ELIMINATING STUDENTS' MISCONCEPTIONS OF RADIOACTIVE DECAY AND RADIOMETRIC DATING THROUGH HANDS-ON ACTIVITIES
The first two authors developed a unit to correct 8th grade students’ misconceptions and to foster interest in radioactive decay and radiometric dating. The unit began with an introductory lesson on radioactive isotopes, followed by two days of hands-on small group activities that developed critical thinking, math and graph making/interpretation skills. First, students visualized the concepts of radioactive decay and half-life in an activity using M&Ms™ and marshmallows. M&Ms™ were shaken in a bag, poured out on the table, and then removed to the decayed pile if they did not show their “m” label.
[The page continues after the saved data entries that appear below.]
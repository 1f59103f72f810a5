// Records of a job and the text that its answer should have: read one by one from standard input, and answered. A record is the function's number
// of kept evictions, which may be any, the job's length and the text's, four bytes each, the lowest first, the job, and the text.
#![tactic(auto)]

ghost use Rattle.std.specs.Prelude.{OnOk, ◌≡◌, ◌+◌, ◌<◌, ◌≤◌, length};
ghost use Rattle.answer_text.specs.Lines.{Printed};
ghost use Rattle.records.specs.Bytes.{length_at, same_list};
ghost use Rattle.records.specs.Told.{Within, text_of};

use answer::Whole;

// Why there is no record: the stream ends in the middle of it, or it is longer than the bytes that are lent for it.
#[derive(Clone, Copy, PartialEq, Eq)]
pub struct Cut;

// Four bytes as a number, the lowest first.
fn length_at(s: &[u8], at: usize) -> usize
    requires { at + 4 ≤ length s.now }
    ensures { (result ≡ length_at s.now at) × (result < 4294967296) }
{
    usize::from(s[at])
        + usize::from(s[at + 1]) * 256
        + usize::from(s[at + 2]) * 65536
        + usize::from(s[at + 3]) * 16777216
}

// Whether the two are the same, byte for byte.
pub fn same(a: &[u8], b: &[u8]) -> bool
    ensures { result ≡ same_list a.now b.now }
{
    if a.len() != b.len() {
        return false;
    }
    for i in 0..a.len() {
        if a[i] != b[i] {
            return false;
        }
    }
    true
}

// The next n bytes of standard input, if they fit and are there.
fn read_part(buf: &mut [u8], n: usize) -> Result<(), Cut>
    ensures { OnOk result (n ≤ length buf.new) }
{
    if buf.len() < n {
        return Err(Cut);
    }
    if io::read_full(0, &mut buf[..n]) < n {
        return Err(Cut);
    }
    Ok(())
}

// The next record of standard input: its number of kept evictions and the lengths of its job and text; nothing, if the stream ends before it.
pub fn read_record(job: &mut [u8], text: &mut [u8]) -> Result<Option<(u32, usize, usize)>, Cut>
    ensures { Within job.new text.new result }
{
    let mut head = [0u8; 12];
    let got = io::read_full(0, &mut head);
    if got == 0 {
        return Ok(None);
    }
    if got < 12 {
        return Err(Cut);
    }
    let kept_evictions = length_at(&head, 0) as u32;
    let n = length_at(&head, 4);
    let m = length_at(&head, 8);
    read_part(job, n)?;
    read_part(text, m)?;
    Ok(Some((kept_evictions, n, m)))
}

// The text of the answer of a job with so many kept evictions, put at the front of the lent bytes. Answers its length; or 0 where it does not fit,
// with the lines that do. There are words enough for every job.
pub fn put_text(kept_evictions: u32, job: &[u8], out: &mut [u8]) -> usize
    ensures { Printed out.old out.new (text_of kept_evictions job.now) result }
{
    let mut words = [0u64; 132096];
    let mut t = [0u16; 107520];
    let mut f = [0u16; 16388];
    let mut cache = [0u16; 65600];
    let mut free = [false; 512];
    let mut e = [0u16; 1541];
    let mut w = [0u16; 6657];
    let mut available = [false; 512];
    let mut sources = [false; 512];
    let mut edits = [0u64; 1025];
    let mut slots = [0u16; 32835];
    let mut d = [0u16; 12288];
    let mut marks = [0u8; 129];
    let mut c = [0u16; 2049];
    match answer::answer_job(
        kept_evictions,
        job,
        &mut words,
        &mut t,
        &mut f,
        &mut cache,
        &mut free,
        &mut e,
        &mut w,
        &mut available,
        &mut sources,
        &mut edits,
        &mut slots,
        &mut d,
        &mut marks,
        &mut c,
    ) {
        Whole::Answered(n) => answer_text::put_answer(out, &words[..n], 0),
        Whole::Refused(k, n) => answer_text::put_answer(out, &words[..n], k),
    }
}

// A line of a number between two texts, on standard output.
pub fn say(before: &[u8], k: u64, after: &[u8]) {
    io::write_all(1, before);
    io::print_decimal(1, k);
    io::write_all(1, after);
}
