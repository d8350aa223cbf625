// Octets as text: pairs of hexadecimal digits with dashes between them.
ghost use Rattle.std.specs.Prelude.{Some};
ghost use Rattle.text.specs.Text.{pair_text, octets_text};

use std::fmt;

#[derive(Clone, Copy)]
pub struct Octets<'a>(pub &'a [u8]);

#[derive(Clone, Copy)]
struct Pair(u8);

impl fmt::Display for Octets<'_> {
    ghost output = { λ octets. Some (octets_text octets.0.now) };

    fn fmt<W: fmt::Write>(&self, f: &mut fmt::Formatter<W>) -> fmt::Result {
        if let [first, rest @ ..] = self.0 {
            f.write(Pair(*first))?;
            for octet in rest {
                write!(f, "-{}", Pair(*octet))?;
            }
        }
        Ok(())
    }
}

impl fmt::Display for Pair {
    ghost output = { λ pair. Some (pair_text pair.0) };

    fn fmt<W: fmt::Write>(&self, f: &mut fmt::Formatter<W>) -> fmt::Result {
        let octet = self.0;
        write!(f, "{octet:02X}")
    }
}
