// A frame as text: its kind and its fields.
ghost use Rattle.std.specs.Prelude.{Some};
ghost use Rattle.element.specs.Shown.{part_of};
ghost use Rattle.frame.specs.Fields.{role_number, state_number, blocked_number};
ghost use Rattle.frame.specs.Shown.{content_shown, content_kind};
ghost use Rattle.text.specs.Text.{test_text, link_text, content_text, frame_text};

use crate::octets::Octets;
use element::Part;
use frame::{Content, Link, Received, Test};
use std::fmt;

// The line for an accepted frame, without what stands before it.
#[derive(Clone, Copy)]
pub struct FrameText<'a>(pub &'a Received<'a>);

impl fmt::Display for FrameText<'_> {
    ghost output = { λ text. Some (frame_text (content_kind text.0.now.content) (part_of text.0.now.source) (content_shown text.0.now.content) text.0.now.sequence (part_of text.0.now.domain)) };

    fn fmt<W: fmt::Write>(&self, f: &mut fmt::Formatter<W>) -> fmt::Result {
        let frame = self.0;
        let kind = frame.content.kind();
        let source = Octets(frame.source.octets);
        let content = ContentText(&frame.content);
        let sequence = frame.sequence;
        let domain = Octets(frame.domain.octets);
        write!(
            f,
            "{kind} source={source}{content} sequence={sequence} domain={domain}"
        )
    }
}

#[derive(Clone, Copy)]
struct ContentText<'a>(&'a Content<Part<'a>>);

impl fmt::Display for ContentText<'_> {
    ghost output = { λ text. Some (content_text (content_shown text.0.now)) };

    fn fmt<W: fmt::Write>(&self, f: &mut fmt::Formatter<W>) -> fmt::Result {
        match self.0 {
            Content::Test(test) => f.write(TestText(test)),
            Content::TopologyChange(change) => {
                let priority = change.priority;
                let sender = Octets(change.sender.octets);
                let interval = change.interval;
                write!(
                    f,
                    " priority={priority} sender={sender} interval={interval}"
                )
            }
            Content::LinkDown(link) | Content::LinkUp(link) => f.write(LinkText(link)),
        }
    }
}

#[derive(Clone, Copy)]
struct TestText<'a>(&'a Test<Part<'a>>);

impl fmt::Display for TestText<'_> {
    ghost output = { λ text. Some (test_text text.0.now.priority (part_of text.0.now.sender) (role_number text.0.now.role) (state_number text.0.now.state) text.0.now.transitions text.0.now.stamp) };

    fn fmt<W: fmt::Write>(&self, f: &mut fmt::Formatter<W>) -> fmt::Result {
        let test = self.0;
        let priority = test.priority;
        let sender = Octets(test.sender.octets);
        let role = u16::from(test.role);
        let state = u16::from(test.state);
        let transitions = test.transitions;
        let stamp = test.stamp;
        write!(f, " priority={priority} sender={sender}")?;
        write!(
            f,
            " role={role} state={state} transitions={transitions} stamp={stamp}"
        )
    }
}

#[derive(Clone, Copy)]
struct LinkText<'a>(&'a Link<Part<'a>>);

impl fmt::Display for LinkText<'_> {
    ghost output = { λ text. Some (link_text (part_of text.0.now.sender) (role_number text.0.now.role) text.0.now.interval (blocked_number text.0.now.blocked)) };

    fn fmt<W: fmt::Write>(&self, f: &mut fmt::Formatter<W>) -> fmt::Result {
        let link = self.0;
        let sender = Octets(link.sender.octets);
        let role = u16::from(link.role);
        let interval = link.interval;
        let blocked = u8::from(link.blocked);
        write!(
            f,
            " sender={sender} role={role} interval={interval} blocked={blocked}"
        )
    }
}
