// Octets and frames as text.
#![tactic(auto)]

mod fields;
mod octets;

pub use fields::FrameText;
pub use octets::Octets;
As parent element M&Ms™ were removed through radiometric decay, daughter element marshmallows replaced them. Later, students applied this knowledge to determine the ages of a series of rocks and organic remains represented by bags of Froot Loops™. Various colors were used to indicate parent and daughter isotopes of several elements with different half-lives. For each sample, students worked to identify the number of half-lives that had passed since the time of sample formation and its current age. This activity enabled visualization of the change from one isotope to another and the amount of time involved.
Students reported that their knowledge was enhanced and their misconceptions were addressed. Some commented specifically that food made the activity more accessible on a sensory level. This use of varied modalities for learning gives benefit to a wide range of student learning styles.